Goal of the exercise
Copy out each line of the entries below in which the string "points" appears.

Saved data entries:

Content starts

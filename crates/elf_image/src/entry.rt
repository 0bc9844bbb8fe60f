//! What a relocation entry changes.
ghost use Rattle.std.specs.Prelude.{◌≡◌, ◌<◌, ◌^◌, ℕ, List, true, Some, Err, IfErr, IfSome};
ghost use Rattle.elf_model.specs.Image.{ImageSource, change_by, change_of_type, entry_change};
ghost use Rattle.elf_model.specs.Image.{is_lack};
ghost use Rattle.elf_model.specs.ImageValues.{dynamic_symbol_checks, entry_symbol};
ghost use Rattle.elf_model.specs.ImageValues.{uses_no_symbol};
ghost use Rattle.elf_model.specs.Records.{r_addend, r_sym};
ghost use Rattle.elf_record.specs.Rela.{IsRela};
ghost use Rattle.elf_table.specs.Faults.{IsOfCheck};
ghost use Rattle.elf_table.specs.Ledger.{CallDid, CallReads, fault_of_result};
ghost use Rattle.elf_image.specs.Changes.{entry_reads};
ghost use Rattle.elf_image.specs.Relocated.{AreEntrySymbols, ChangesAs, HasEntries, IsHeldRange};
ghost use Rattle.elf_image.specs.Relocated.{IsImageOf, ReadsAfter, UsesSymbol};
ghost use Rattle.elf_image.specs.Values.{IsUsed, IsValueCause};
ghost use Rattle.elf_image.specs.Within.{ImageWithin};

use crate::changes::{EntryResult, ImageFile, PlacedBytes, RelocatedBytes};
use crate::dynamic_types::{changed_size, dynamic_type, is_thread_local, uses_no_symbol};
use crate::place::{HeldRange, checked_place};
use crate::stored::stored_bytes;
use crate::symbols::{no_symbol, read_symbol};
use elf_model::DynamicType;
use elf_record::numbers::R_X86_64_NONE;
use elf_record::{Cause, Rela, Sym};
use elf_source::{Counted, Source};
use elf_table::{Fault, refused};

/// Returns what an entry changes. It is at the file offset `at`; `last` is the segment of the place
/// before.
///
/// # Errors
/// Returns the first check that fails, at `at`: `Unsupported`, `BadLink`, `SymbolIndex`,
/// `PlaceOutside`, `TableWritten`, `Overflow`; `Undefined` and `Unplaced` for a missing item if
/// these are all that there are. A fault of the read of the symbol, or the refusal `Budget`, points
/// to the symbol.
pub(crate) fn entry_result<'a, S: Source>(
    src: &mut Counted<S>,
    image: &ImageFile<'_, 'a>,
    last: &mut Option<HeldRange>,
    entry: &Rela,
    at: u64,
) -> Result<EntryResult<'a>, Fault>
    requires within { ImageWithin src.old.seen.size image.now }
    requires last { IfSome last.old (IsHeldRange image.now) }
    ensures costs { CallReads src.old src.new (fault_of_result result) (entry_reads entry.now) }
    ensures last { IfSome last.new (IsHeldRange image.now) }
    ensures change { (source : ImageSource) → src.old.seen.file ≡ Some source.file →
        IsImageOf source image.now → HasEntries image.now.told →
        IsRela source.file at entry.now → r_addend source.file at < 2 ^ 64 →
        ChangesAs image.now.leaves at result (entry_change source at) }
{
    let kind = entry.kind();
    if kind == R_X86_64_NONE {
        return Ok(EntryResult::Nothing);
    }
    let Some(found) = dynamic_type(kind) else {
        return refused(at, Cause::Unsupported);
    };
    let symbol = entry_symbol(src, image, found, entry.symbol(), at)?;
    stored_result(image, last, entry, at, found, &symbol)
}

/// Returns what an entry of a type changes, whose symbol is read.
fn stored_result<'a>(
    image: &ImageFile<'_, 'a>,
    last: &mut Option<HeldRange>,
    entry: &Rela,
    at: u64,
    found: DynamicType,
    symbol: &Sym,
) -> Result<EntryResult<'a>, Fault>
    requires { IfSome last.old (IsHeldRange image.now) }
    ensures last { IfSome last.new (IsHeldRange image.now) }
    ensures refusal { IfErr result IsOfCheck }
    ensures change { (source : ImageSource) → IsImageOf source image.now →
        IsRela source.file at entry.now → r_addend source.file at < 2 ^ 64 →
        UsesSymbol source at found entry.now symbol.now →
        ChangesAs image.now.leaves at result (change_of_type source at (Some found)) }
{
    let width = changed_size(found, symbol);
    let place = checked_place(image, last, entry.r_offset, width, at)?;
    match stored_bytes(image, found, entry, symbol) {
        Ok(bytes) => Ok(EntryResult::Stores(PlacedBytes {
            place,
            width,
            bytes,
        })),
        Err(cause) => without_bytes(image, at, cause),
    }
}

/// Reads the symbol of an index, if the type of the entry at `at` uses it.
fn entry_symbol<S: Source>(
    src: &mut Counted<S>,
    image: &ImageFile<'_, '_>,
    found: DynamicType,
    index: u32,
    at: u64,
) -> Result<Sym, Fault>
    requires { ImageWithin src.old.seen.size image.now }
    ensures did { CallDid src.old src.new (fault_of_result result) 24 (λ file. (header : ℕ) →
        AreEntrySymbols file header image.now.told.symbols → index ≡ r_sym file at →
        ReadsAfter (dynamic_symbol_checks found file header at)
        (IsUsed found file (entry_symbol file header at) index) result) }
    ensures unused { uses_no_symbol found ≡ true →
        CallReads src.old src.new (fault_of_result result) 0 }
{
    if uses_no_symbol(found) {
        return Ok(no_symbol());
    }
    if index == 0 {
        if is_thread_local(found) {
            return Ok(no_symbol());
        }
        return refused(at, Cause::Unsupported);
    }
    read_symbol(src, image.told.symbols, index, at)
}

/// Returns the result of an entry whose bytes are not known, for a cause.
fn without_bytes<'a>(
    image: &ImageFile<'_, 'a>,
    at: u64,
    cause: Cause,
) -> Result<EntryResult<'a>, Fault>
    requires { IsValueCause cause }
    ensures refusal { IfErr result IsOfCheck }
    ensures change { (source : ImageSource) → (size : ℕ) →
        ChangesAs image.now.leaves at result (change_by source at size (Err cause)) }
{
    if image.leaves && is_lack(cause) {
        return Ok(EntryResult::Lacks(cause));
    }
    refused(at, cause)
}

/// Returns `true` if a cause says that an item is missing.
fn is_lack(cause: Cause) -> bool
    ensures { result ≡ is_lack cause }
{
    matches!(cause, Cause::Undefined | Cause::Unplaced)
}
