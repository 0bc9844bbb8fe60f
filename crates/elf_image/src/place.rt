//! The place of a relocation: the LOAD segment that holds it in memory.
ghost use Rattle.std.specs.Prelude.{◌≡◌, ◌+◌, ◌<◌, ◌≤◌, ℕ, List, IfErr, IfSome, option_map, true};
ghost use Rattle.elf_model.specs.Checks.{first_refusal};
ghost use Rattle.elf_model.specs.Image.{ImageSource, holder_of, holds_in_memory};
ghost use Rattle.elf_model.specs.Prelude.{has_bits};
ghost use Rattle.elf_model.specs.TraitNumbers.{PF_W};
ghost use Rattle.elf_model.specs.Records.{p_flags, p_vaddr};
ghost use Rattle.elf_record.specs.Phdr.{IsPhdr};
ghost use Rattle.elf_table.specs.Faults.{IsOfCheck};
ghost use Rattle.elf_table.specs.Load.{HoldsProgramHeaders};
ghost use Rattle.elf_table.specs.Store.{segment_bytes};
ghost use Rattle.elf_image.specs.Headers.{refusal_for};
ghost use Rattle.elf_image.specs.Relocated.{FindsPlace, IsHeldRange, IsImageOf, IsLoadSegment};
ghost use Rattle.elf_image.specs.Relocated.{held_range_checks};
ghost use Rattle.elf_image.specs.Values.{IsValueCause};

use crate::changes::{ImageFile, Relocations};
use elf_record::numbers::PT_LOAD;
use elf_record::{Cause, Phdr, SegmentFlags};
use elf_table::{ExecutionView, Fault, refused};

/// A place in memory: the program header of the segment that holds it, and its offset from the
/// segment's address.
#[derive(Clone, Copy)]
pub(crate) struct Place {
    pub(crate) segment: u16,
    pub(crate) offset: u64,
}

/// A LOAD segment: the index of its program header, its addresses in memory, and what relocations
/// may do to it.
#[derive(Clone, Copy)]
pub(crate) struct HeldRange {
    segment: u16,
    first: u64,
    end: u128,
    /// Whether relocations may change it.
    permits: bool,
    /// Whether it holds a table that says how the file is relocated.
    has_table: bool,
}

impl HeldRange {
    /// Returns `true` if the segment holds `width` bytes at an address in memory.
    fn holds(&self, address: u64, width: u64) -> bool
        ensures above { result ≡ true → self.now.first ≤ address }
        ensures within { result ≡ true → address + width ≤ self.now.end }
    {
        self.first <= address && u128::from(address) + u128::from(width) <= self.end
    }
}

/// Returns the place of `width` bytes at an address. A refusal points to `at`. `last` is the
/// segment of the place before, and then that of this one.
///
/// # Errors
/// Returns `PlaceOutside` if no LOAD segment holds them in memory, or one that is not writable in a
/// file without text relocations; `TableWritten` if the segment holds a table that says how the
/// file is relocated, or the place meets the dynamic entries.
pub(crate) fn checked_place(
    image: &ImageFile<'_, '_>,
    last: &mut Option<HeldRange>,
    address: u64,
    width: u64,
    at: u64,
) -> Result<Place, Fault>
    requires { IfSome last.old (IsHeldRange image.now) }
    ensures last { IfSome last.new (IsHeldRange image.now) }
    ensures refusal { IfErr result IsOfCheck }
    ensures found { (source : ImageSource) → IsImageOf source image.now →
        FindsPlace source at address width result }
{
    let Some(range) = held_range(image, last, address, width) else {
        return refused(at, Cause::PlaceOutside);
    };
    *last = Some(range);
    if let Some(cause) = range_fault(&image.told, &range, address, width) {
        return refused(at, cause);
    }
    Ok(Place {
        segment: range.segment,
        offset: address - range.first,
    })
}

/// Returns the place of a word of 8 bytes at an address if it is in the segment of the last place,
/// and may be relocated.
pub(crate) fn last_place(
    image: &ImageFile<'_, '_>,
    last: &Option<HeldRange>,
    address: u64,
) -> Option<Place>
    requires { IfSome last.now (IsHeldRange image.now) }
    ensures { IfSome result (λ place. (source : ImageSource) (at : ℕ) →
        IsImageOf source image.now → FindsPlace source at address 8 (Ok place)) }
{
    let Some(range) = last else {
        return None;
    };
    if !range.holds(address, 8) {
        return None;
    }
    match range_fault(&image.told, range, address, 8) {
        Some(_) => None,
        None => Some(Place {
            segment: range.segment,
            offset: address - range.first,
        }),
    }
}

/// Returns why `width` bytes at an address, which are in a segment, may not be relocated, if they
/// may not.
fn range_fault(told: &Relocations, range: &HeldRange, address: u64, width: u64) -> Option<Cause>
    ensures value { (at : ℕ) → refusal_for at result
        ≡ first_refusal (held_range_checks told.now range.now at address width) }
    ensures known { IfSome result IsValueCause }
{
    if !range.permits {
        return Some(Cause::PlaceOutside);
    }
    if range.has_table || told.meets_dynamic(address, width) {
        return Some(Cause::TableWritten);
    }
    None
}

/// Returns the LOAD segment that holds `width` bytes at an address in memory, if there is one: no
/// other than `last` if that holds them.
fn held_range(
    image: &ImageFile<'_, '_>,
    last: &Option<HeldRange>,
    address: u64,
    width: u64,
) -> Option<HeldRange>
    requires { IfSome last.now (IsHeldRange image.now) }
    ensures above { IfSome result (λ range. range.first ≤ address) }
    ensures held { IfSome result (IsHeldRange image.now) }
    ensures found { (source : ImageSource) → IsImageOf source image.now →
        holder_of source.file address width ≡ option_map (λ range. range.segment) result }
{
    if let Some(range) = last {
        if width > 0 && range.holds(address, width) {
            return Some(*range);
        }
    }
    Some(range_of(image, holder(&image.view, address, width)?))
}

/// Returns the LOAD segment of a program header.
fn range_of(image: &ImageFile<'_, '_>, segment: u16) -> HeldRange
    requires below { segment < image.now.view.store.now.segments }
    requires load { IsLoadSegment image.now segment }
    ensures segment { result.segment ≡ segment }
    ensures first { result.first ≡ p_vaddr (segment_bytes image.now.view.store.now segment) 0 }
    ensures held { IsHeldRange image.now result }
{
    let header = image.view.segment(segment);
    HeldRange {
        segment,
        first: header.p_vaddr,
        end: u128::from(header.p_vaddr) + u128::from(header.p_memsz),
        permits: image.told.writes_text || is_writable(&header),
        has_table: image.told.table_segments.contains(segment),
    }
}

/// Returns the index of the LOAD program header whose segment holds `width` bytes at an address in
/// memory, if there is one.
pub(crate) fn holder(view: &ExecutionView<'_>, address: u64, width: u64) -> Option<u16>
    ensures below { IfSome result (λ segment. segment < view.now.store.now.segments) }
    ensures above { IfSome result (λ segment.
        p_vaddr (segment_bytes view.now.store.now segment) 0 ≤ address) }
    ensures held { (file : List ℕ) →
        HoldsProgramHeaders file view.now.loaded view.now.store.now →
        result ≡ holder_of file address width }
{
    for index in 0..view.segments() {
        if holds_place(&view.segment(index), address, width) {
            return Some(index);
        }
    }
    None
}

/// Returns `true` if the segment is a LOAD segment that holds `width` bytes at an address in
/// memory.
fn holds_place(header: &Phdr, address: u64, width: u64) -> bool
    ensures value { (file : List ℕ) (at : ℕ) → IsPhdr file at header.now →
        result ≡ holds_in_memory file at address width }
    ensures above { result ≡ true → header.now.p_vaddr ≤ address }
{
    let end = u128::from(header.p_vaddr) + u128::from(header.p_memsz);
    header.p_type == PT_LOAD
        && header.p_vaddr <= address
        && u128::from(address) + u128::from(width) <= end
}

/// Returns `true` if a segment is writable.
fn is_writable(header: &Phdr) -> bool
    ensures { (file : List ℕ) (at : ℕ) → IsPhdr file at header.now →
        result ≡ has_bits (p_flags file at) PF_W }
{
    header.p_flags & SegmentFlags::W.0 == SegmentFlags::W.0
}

Content ends

Result
/// these are all that there are. A fault of the read of the symbol, or the refusal `Budget`, points
/// Returns the place of `width` bytes at an address. A refusal points to `at`. `last` is the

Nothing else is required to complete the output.